I brought him a few books.

Friday, December 22

I stayed very late at Val-de-Grâce, but Major de Brisson drove me home. It was nighttime and very cold. I was so moved by what happened today that I couldn’t speak in the automobile.

I spent the evening with my injured soldier; together we read the books I had brought him. He didn’t really appreciate Dante, whom I like a lot. I opened the book to the page where the song of Ulysses begins. “It’s very beautiful,” he said, “but I prefer Shelley,” and he quoted:

The soul’s joy lies in doing.

I must confess that I thought of Robert again. But we mainly read Papa’s poems:

Jesus, the wounded one, the sinner, the wanderer

Washes his ailing heart in the flow of Your blood.

That’s when I felt a real bond between us. Then we talked a lot; he asked me how we had fared after Papa’s death, I explained how he had made some shrewd investments, and how since Mama was wealthy, too, we were living quite comfortably. He seemed pleased with this, as well as when I said that Papa had bought a beautiful house in Normandy and that we also owned an apartment on Rue d’Artois, where Papa had worked and which Mama was renting out. It’s really nice of him to be so interested in us.

I have leave for Christmas, so I’m going to spend the holidays with Mama and Thérèse.

Christmas

I got up early this morning and decided to take stock of my feelings in this diary.

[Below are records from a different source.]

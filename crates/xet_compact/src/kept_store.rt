//! What a store keeps.
ghost use Rattle.std.specs.Prelude.{◌≡◌, ◌++◌, ◌∷◌, [], All, IfOk, OnOk, cond, filter, map};
ghost use Rattle.xet_base.specs.Store.{IsTermIn, IsValid};
ghost use Rattle.xet_store.specs.Refusals.{stored_term};
ghost use Rattle.xet_audit.specs.Raws.{file_of_raw, store_of_raw};
ghost use Rattle.xet_compact.specs.Compacts.{dropped_count, kept_term, kept_xorbs};
ghost use Rattle.xet_compact.specs.steps.Kept.{AreKeptFiles, IsKept, IsKeptFile, keeps_some, kept_of, xorb_of_kept};
ghost use Rattle.xet_compact.specs.steps.Reaches.{AreReached};

use crate::kept_xorb::KeptXorb;
use crate::reaches::{index_of, reaches_of};
use std::alloc::Global;
use xet_audit::{RawFile, RawStore, RawXorb};
use xet_base::{FileDataSequenceEntry, KeyIndex, List, MerkleHash, OutOfMemory, Xorb};
use xet_held::Reach;

/// A valid store, the number of each of its xorbs, and what each keeps.
#[derive(Drop)]
pub(crate) struct KeptStore<'a> {
    pub(crate) raw: &'a RawStore,
    pub(crate) index: KeyIndex<MerkleHash>,
    pub(crate) kept: List<KeptXorb>,
}

impl<'a> KeptStore<'a> {
    /// What a valid store keeps.
    pub(crate) fn of(alloc: Global, raw: &'a RawStore) -> Result<KeptStore<'a>, OutOfMemory>
        requires { IsValid (store_of_raw raw.now) }
        ensures same { IfOk result (λ k. k.raw.now ≡ raw.now) }
        ensures kept { IfOk result (λ k. IsKept k.raw.now k.index k.kept) }
    {
        let index = index_of(alloc, raw.xorbs.as_slice())?;
        let reaches = reaches_of(alloc, raw, &index)?;
        let kept = keep_xorbs(alloc, raw, reaches.as_slice())?;
        Ok(KeptStore { raw, index, kept })
    }

    /// How many chunks no term holds.
    pub(crate) fn dropped_chunks(&self) -> Result<u64, OutOfMemory>
        requires { IsKept self.now.raw.now self.now.index self.now.kept }
        ensures { IfOk result (λ n. n ≡ dropped_count (store_of_raw self.now.raw.now)) }
    {
        let kept = self.kept.as_slice();
        let mut dropped = 0u64;
        for (i, xorb) in self.raw.xorbs.as_slice().iter().enumerate() {
            let count = xorb.chunks.len() - kept[i].chunks.len();
            let Some(sum) = dropped.checked_add(count as u64) else {
                return Err(OutOfMemory);
            };
            dropped = sum;
        }
        Ok(dropped)
    }

    /// The files with their terms as they are kept, in the store's order.
    pub(crate) fn files(&self, alloc: Global) -> Result<Vec<RawFile>, OutOfMemory>
        requires { IsKept self.now.raw.now self.now.index self.now.kept }
        ensures { IfOk result (λ files. AreKeptFiles (store_of_raw self.now.raw.now) files.items) }
    {
        let mut files = Vec::with_capacity(alloc, self.raw.files.len())?;
        for file in self.raw.files.as_slice() {
            files.push(self.file(alloc, file)?)?;
        }
        Ok(files)
    }

    // A file with its terms as they are kept.
    fn file(&self, alloc: Global, file: &RawFile) -> Result<RawFile, OutOfMemory>
        requires kept { IsKept self.now.raw.now self.now.index self.now.kept }
        requires terms { All (IsTermIn (store_of_raw self.now.raw.now)) (file_of_raw file.now).terms }
        ensures { IfOk result (IsKeptFile (store_of_raw self.now.raw.now) (file_of_raw file.now)) }
    {
        let mut terms = List::with_capacity(alloc, file.terms.len())?;
        for term in file.terms.as_slice() {
            terms.push(self.term(term))?;
        }
        Ok(RawFile {
            hash: file.hash,
            terms,
        })
    }

    // A term as it is kept.
    fn term(&self, term: &FileDataSequenceEntry) -> FileDataSequenceEntry
        requires kept { IsKept self.now.raw.now self.now.index self.now.kept }
        requires inside { IsTermIn (store_of_raw self.now.raw.now) (stored_term term.now) }
        ensures renumbered { stored_term result ≡ kept_term (store_of_raw self.now.raw.now) (stored_term term.now) }
        ensures uncounted { result.bytes ≡ 0 }
    {
        let place = self.index.number_of(&term.xorb).unwrap();
        let kept = &self.kept.as_slice()[place];
        let numbers = kept.numbers.as_slice();
        FileDataSequenceEntry {
            xorb: kept.hash,
            from: numbers[term.from as usize],
            to: numbers[term.to as usize],
            bytes: 0,
        }
    }

    /// The xorbs that keep chunks, in the store's order.
    pub(crate) fn into_xorbs(self, alloc: Global) -> Result<Vec<RawXorb>, OutOfMemory>
        requires { IsKept self.raw.now self.index self.kept }
        ensures { IfOk result (λ xorbs. xorbs.items ≡ kept_xorbs (store_of_raw self.entry.raw.now)) }
    {
        named_xorbs(alloc, self.kept)
    }
}

// What each xorb of a store keeps, by how far its terms reach.
fn keep_xorbs(
    alloc: Global,
    raw: &RawStore,
    reaches: &[Reach],
) -> Result<List<KeptXorb>, OutOfMemory>
    requires valid { IsValid (store_of_raw raw.now) }
    requires reached { AreReached raw.now.xorbs (store_of_raw raw.now).files reaches.now }
    ensures { IfOk result (λ kept. kept ≡ map (kept_of (store_of_raw raw.now)) raw.now.xorbs) }
{
    let mut kept = List::with_capacity(alloc, raw.xorbs.len())?;
    for (i, xorb) in raw.xorbs.as_slice().iter().enumerate() {
        kept.push(KeptXorb::of(alloc, xorb, &reaches[i])?)?;
    }
    Ok(kept)
}

// The xorbs that keep chunks.
fn named_xorbs(alloc: Global, kept: List<KeptXorb>) -> Result<Vec<RawXorb>, OutOfMemory>
    ensures { IfOk result (λ xorbs. xorbs.items ≡ map xorb_of_kept (filter keeps_some kept)) }
{
    let mut xorbs = Vec::with_capacity(alloc, kept.len())?;
    for one in kept.into_inner() {
        push_named(one, &mut xorbs)?;
    }
    Ok(xorbs)
}

// Adds the xorb that keeps these chunks, where there are some.
fn push_named(kept: KeptXorb, xorbs: &mut Vec<RawXorb>) -> Result<(), OutOfMemory>
    ensures { OnOk result (xorbs.new.items
        ≡ xorbs.old.items ++ cond (keeps_some kept) (xorb_of_kept kept ∷ []) []) }
{
    if kept.chunks.len() > 0 {
        xorbs.push(Xorb {
            hash: kept.hash,
            chunks: kept.chunks,
        })?;
    }
    Ok(())
}
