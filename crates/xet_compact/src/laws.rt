//! Laws of compacted stores and of documents, as functions whose contracts state them.
ghost use Rattle.xet_compact.specs.Laws.{CompactedAgain, CompactedAlike, CompactedServes, DocumentLists};

/// What a valid store is compacted to is valid and has the same files with the same bytes, each of its chunks is held
/// and each of its xorbs named, and it is a compacted store of itself.
pub fn compacted_stores_serve()
    ensures { CompactedServes }
{}

/// A store is compacted to one store alone. So compacting that one again, where it was made from a valid store, gives
/// it back.
pub fn compacted_stores_are_alike()
    ensures alike { CompactedAlike }
    ensures again { CompactedAgain }
{}

/// The document of a store in order lists that store, and holds no float.
pub fn documents_list()
    ensures { DocumentLists }
{}
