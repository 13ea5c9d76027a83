//! Stores without what no file needs, and their documents.
#![tactic(auto)]

mod ascending;
pub mod compaction;
pub mod documents;
mod kept_store;
mod kept_xorb;
pub mod laws;
mod order;
mod reaches;
mod writing;

pub use compaction::{CompactError, Compacted, compact};
pub use documents::document;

I have to revisit what happened with Robert in March. He needed a lot of support, both morally and, I think, spiritually. I admit, I really enjoyed our conversations. But I didn’t expect him to ask me to marry him. Naturally, I refused. He asked me why, like a child, and I answered that we were too different.

I haven’t even told Mama about it. I know Papa would never have agreed for me to marry a Jew, Papa who, along with Cousin Paul and a few others, founded the League of the French Homeland during the affair with that man Dreyfus.

Wednesday the 27th

I returned to the hospital today. Lots of work, as if the Germans wanted to celebrate Christmas by killing as many of our men as possible. Yet there’s talk of a truce here and there. I didn’t have time to talk to him.

January 2, 1917

Today I had to try to comfort two wounded men who were crying because they were thinking about their fiancées. “I’m a monster,” one was saying, “She won’t want me anymore,” the other was saying, “No one will want me,” said the first, all of this in sobs.

I hope their fiancées will think of the sacrifice they have made for our country and will love them for their moral greatness. I asked to pray with them, but one told me that while he would be grateful if I could pray for him, he could never pray again. The other, who works in an automobile factory in civilian life, turned his back and pretended to sleep.